Specifically, the first factor is that the September loss is a seasonal loss. All the energy used in the ice melt is given back when the ice refreezes. Therefore the relevant factor is the loss in ice at the winter maximum. Based on the Piomas trend, that means we have lost around 9.72 thousand km^3 in the 36 years from 1979 (or 10,000 km^3 if you just take the difference between the end points). Further, this has been partly countered by the growth in sea ice in the Antarctic, although no direct comparison is possible as we lack reliable volume estimates for the Antarctic.
Secondly, taking just the Arctic values, the approx 10 trillion cubic meters of ice lost requires 334 x 10^15 Joules to melt, which is a lot. However, over 36 years, that represents only 3 x 10^8 Watts, and just 5.9*10^-7 Watts per meter squared averaged over the Earth's surface. Relative to other places the heat is going, that is inconsequential. The melting of glaciers and ice sheets has a far larger impact, but still small relative to the increase in Ocean Heat Content.
PS inline @25, I take it you objected to my quotation of a term from the video to which I linked. If you watch the video (unfortunately of poor quality), you will see that term in context is not offensive, and explains the problem also exhibited by drebich's three questions in very simple terms. I could, of course, have used the more conventional term for that type of question, calling it a "trick question". That, however, would imply that trickery was involved - something of which I am not yet convinced. As a side note, I highly recommend you take the opportunity to watch the movie from which the video came ("My cousin Vinny") should it present itself. Very entertaining.

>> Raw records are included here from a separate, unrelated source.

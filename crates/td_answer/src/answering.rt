//! The outcome of a request.

ghost use Rattle.std.specs.Prelude.{◌≡◌, ◌⊎◌, slice_get, IfOk, IfErr, None as Nothing};
ghost use Rattle.td_search.specs.Problems.{Problem};
ghost use Rattle.td_question.specs.Asking.{IsAsked};
ghost use Rattle.td_answer.specs.Searches.{IsRefusedSearch};
ghost use Rattle.td_answer.specs.Filled.{filled};
ghost use Rattle.td_answer.specs.Answered.{IsPrintOfTable};
ghost use Rattle.td_answer.specs.Ends.{EndsByStop};
ghost use Rattle.td_answer.specs.Outcomes.{IsPlain, IsCheckedTrue, IsRefusedChecked, IsSearchedTrue, IsCertifiedSearch, IsSearched, IsTrueOutcome, IsPrintOf, HasCertificate, IsRefused};
ghost use Rattle.td_answer.specs.Writing.{CanBeWritten};

use crate::bound::bounds;
use crate::check::verdict_on;
use crate::each::table;
use crate::filled::{filled_parts, filled_search};
use crate::hazards::hazards;
use crate::info::info;
use crate::join::join;
use crate::outcome::Outcome;
use crate::parts::parts;
use crate::path::path;
use crate::refusal::Refusal;
use crate::sim::sim;
use crate::texts::Texts;
use crate::watch::TableWatch;
use crate::worst::worst;
use std::alloc::Global;
use std::sync::Wait;
use std::thread::Threads;
use td_reading::Reading;
use td_request::{Check, Command, Request, Search, Table};
use td_stop::Stop;

/// The outcome of a request on the texts of its files. Once the stop is set, a search ends, and its
/// outcome says what is known by then; the report gives `stop` as the cause where somebody asked
/// for it, and `time` where nobody did. The watch gets the progress of a search, and hears the
/// rows of a table with worst delays.
///
/// # Errors
///
/// Why there is none.
pub fn answer<'n, 'w, 'c, W: TableWatch, R: Threads + Wait + Sync>(
    rt: &R,
    alloc: Global,
    request: &Request<'w>,
    texts: &Texts<'n, 'c, 'w>,
    stop: &Stop,
    watch: &mut W,
) -> Result<Outcome, Refusal<'n, 'w>>
    ensures says { IfOk result (IsTrueOutcome request.now texts.now) }
    ensures answered { IfOk result (IsPrintOf stop.now.can_be_set request.now texts.now) }
    ensures certified { IfOk result (HasCertificate request.now texts.now) }
    ensures written { IfOk result CanBeWritten }
    ensures refusal { IfErr result (IsRefused request.now texts.now) }
    ensures stopped { IfErr result (EndsByStop stop.now.can_be_set) }
    // The progress that the watch got, if any, is true of what is asked.
    ensures reported { (watch.new ≡ watch.old)
        ⊎ ((asked : Problem) × IsSearched (filled texts.now.keep request.now.command) texts.now.netlist.now request.now.reading asked × W.reported asked watch.old watch.new) }
{
    match &request.command {
        Command::Worst(search) => {
            let search = filled_search(search, texts.keep);
            searched(
                rt,
                alloc,
                texts.netlist,
                &request.reading,
                &search,
                stop,
                watch,
            )
        }
        _ => answer_plain(alloc, request, texts, stop),
    }
}

/// As `answer`, without threads, of a request that is no search. Once the stop is set, the run of a
/// pair and the check of a certificate end without an outcome.
pub fn answer_plain<'n, 'w, 'c>(
    alloc: Global,
    request: &Request<'w>,
    texts: &Texts<'n, 'c, 'w>,
    stop: &Stop,
) -> Result<Outcome, Refusal<'n, 'w>>
    requires { IsPlain request.now.command }
    ensures says { IfOk result (IsTrueOutcome request.now texts.now) }
    ensures answered { IfOk result (IsPrintOf stop.now.can_be_set request.now texts.now) }
    ensures certified { IfOk result (HasCertificate request.now texts.now) }
    ensures written { IfOk result CanBeWritten }
    ensures refusal { IfErr result (IsRefused request.now texts.now) }
    ensures stopped { IfErr result (EndsByStop stop.now.can_be_set) }
{
    let text = texts.netlist;
    let reading = &request.reading;
    match &request.command {
        Command::Check(asked) => return checked(
            alloc,
            text,
            reading,
            asked,
            texts.certificates,
            stop,
        ),
        Command::Sim(asked) => return sim(alloc, text, reading, asked, stop),
        Command::Path(asked) => return path(alloc, text, reading, asked, stop),
        Command::Bound(asked) => return bounds(alloc, text, reading, asked),
        Command::Parts(asked) => {
            let asked = filled_parts(asked, texts.keep);
            return parts(alloc, text, reading, &asked);
        }
        Command::Join(asked) => return join(alloc, reading, asked, texts),
        Command::Info => return info(alloc, text, reading),
        Command::Worst(_) => unreachable!(),
    }
}

fn searched<'n, 'w, W: TableWatch, R: Threads + Wait + Sync>(
    rt: &R,
    alloc: Global,
    text: &'n [u8],
    reading: &Reading<'_>,
    search: &Search<'w>,
    stop: &Stop,
    watch: &mut W,
) -> Result<Outcome, Refusal<'n, 'w>>
    ensures says { IfOk result (IsSearchedTrue search.now.table text.now reading.now search.now) }
    ensures answered { IfOk result (IsPrintOfTable search.now.table stop.now.can_be_set text.now reading.now search.now) }
    ensures certified { IfOk result (IsCertifiedSearch search.now.table text.now reading.now search.now) }
    ensures written { IfOk result CanBeWritten }
    ensures refusal { IfErr result (IsRefusedSearch text.now reading.now search.now) }
    ensures reported { (watch.new ≡ watch.old)
        ⊎ ((asked : Problem) × IsAsked text.now reading.now search.now.question asked.setting asked.admit × W.reported asked watch.old watch.new) }
{
    match search.table {
        None => worst(rt, alloc, text, reading, search, stop, watch),
        Some(Table::Hazards) => hazards(rt, alloc, text, reading, search, stop),
        Some(Table::Delays | Table::Changes { .. }) => {
            table(rt, alloc, text, reading, search, stop, watch)
        }
    }
}

/// The verdict on the certificate's text, if it is there, unless the stop is set before it is
/// known.
fn checked<'n, 'w>(
    alloc: Global,
    text: &'n [u8],
    reading: &Reading<'_>,
    asked: &Check<'w>,
    certificates: &[Vec<u8>],
    stop: &Stop,
) -> Result<Outcome, Refusal<'n, 'w>>
    ensures says { IfOk result (IsCheckedTrue text.now reading.now asked.now (slice_get certificates.now 0)) }
    ensures certified { IfOk result (λ outcome. outcome.certificate ≡ Nothing) }
    ensures written { IfOk result CanBeWritten }
    ensures refusal { IfErr result (IsRefusedChecked text.now reading.now asked.now (slice_get certificates.now 0)) }
    ensures stopped { IfErr result (EndsByStop stop.now.can_be_set) }
{
    let Some(certificate) = certificates.first() else {
        return Err(Refusal::Unread(asked.certificate));
    };
    verdict_on(alloc, text, reading, asked.told, certificate, stop)
}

On a side note, and related to to drebich's questions, I suggest he read David Brin's essay, "Defining Climate "Deniers" and "Skeptics"", available on his blog. I remain hopefull that he is an ill-informed skeptic. Reading Brin's essay will make it clear to him why he is so easilly taken for a denier instead.
To get back to the subject, I've now added a time series and map series for the Gleisner et al temperature reconstruction, as well as code for you to produce it for yourself. It's at the bottom of this page, accompanied by appropriate health warnings:
http://www-users.york.ac.uk/~kdc3/papers/coverage2013/series.html
The Gleisner reconstruction shows faster warming over the hiatus period than NASA, NOAA or Hadley, and the rate of Arctic warming agrees well with us, Berkeley and the reanalyses:
So it captures the Arctic warming quite well. The poor performance in validation arises because it is not doing a very good job of capturing the impact of coverage over the rest of the planet.
Kevin C,
Those are the annual averages, do you have the DJF extractions that you can post? Both 2013 and 2014 summers were below the average.
It is possible to have a graph with the same data as the last graph but covering latitude 0-70?
Because I see that Gleisner method is performing quite well on Arctic lat. (see fig. 4 and 5 looking > 70N) but the conclusion of their article curiously is that "the dominating causes of the global temperature hiatus are found at low latitude".